* [TASK STATEMENT]: When you reach the line containing "decode (rows view)", begin copying exactly, and keep going through the last line of the records below, copying nothing before it.

* [INPUT RECORDS]:

_____

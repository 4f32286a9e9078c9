// The register at an offset, and the number of the word there. The arms are the rows of model's tables, in their order.
ghost use Rattle.std.specs.Prelude.{◌≡◌};
ghost use Rattle.model.specs.Registers.{decode, rows, distributor_rows, frame_rows};

use model::{Flags, Register, View};

// In the distributor: the rows `distributor_rows`.
#[tactic(auto, unfolding(model::specs::Registers::decode, model::specs::Registers::in_row))]
pub fn distributor_at(offset: u64) -> Option<(Register, usize)>
    ensures { result ≡ decode distributor_rows offset }
{
    let at = offset as usize;
    match at {
        0x0..=0x3 => Some((Register::Control, 0)),
        0x4..=0x7 => Some((Register::Typer, 0)),
        0x8..=0xb => Some((Register::Iidr, 0)),
        0x10..=0x13 => Some((Register::Status, 0)),
        0x80..=0xff => Some((Register::Bits(Flags::Group), (at - 0x80) / 4)),
        0x100..=0x17f => Some((Register::Bits(Flags::SetEnable), (at - 0x100) / 4)),
        0x180..=0x1ff => Some((Register::Bits(Flags::ClearEnable), (at - 0x180) / 4)),
        0x200..=0x27f => Some((Register::Bits(Flags::SetPending), (at - 0x200) / 4)),
        0x280..=0x2ff => Some((Register::Bits(Flags::ClearPending), (at - 0x280) / 4)),
        0x300..=0x37f => Some((Register::Bits(Flags::SetActive), (at - 0x300) / 4)),
        0x380..=0x3ff => Some((Register::Bits(Flags::ClearActive), (at - 0x380) / 4)),
        0x400..=0x7ff => Some((Register::Priority, (at - 0x400) / 4)),
        0xc00..=0xcff => Some((Register::Config, (at - 0xc00) / 4)),
        0x6100..=0x7fdf => Some((Register::Route, (at - 0x6100) / 4)),
        _ => None,
    }
}

// In a vCPU's frame: the rows `frame_rows`.
#[tactic(auto, unfolding(model::specs::Registers::decode, model::specs::Registers::in_row))]
pub fn frame_at(offset: u64) -> Option<(Register, usize)>
    ensures { result ≡ decode frame_rows offset }
{
    let at = offset as usize;
    match at {
        0x0..=0x3 => Some((Register::Fixed(0), 0)),
        0x4..=0x7 => Some((Register::Iidr, 0)),
        0x8..=0xb => Some((Register::FrameTyper, 0)),
        0xc..=0xf => Some((Register::FrameAffinity, 0)),
        0x10..=0x13 => Some((Register::Status, 0)),
        0x14..=0x17 => Some((Register::Fixed(0), 0)),
        0x10080..=0x10083 => Some((Register::Bits(Flags::Group), 0)),
        0x10100..=0x10103 => Some((Register::Bits(Flags::SetEnable), 0)),
        0x10180..=0x10183 => Some((Register::Bits(Flags::ClearEnable), 0)),
        0x10200..=0x10203 => Some((Register::Bits(Flags::SetPending), 0)),
        0x10280..=0x10283 => Some((Register::Bits(Flags::ClearPending), 0)),
        0x10300..=0x10303 => Some((Register::Bits(Flags::SetActive), 0)),
        0x10380..=0x10383 => Some((Register::Bits(Flags::ClearActive), 0)),
        0x10400..=0x1041f => Some((Register::Priority, (at - 0x10400) / 4)),
        0x10c00..=0x10c03 => Some((Register::Fixed(0xaaaa_aaaa), 0)),
        0x10c04..=0x10c07 => Some((Register::Fixed(0), 0)),
        _ => None,
    }
}

// In the distributor or in a frame.
#[tactic(auto, unfolding(model::specs::Registers::rows))]
pub fn register_at(view: View, offset: u64) -> Option<(Register, usize)>
    ensures { result ≡ decode (rows view) offset }
{
    match view {
        View::Distributor => distributor_at(offset),
        View::Frame(_) => frame_at(offset),
    }
}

_____

* [RESPONSE TO THIS EXERCISE]:
    ensures { result ≡ decode (rows view) offset }
{
    match view {
        View::Distributor => distributor_at(offset),
        View::Frame(_) => frame_at(offset),
    }
}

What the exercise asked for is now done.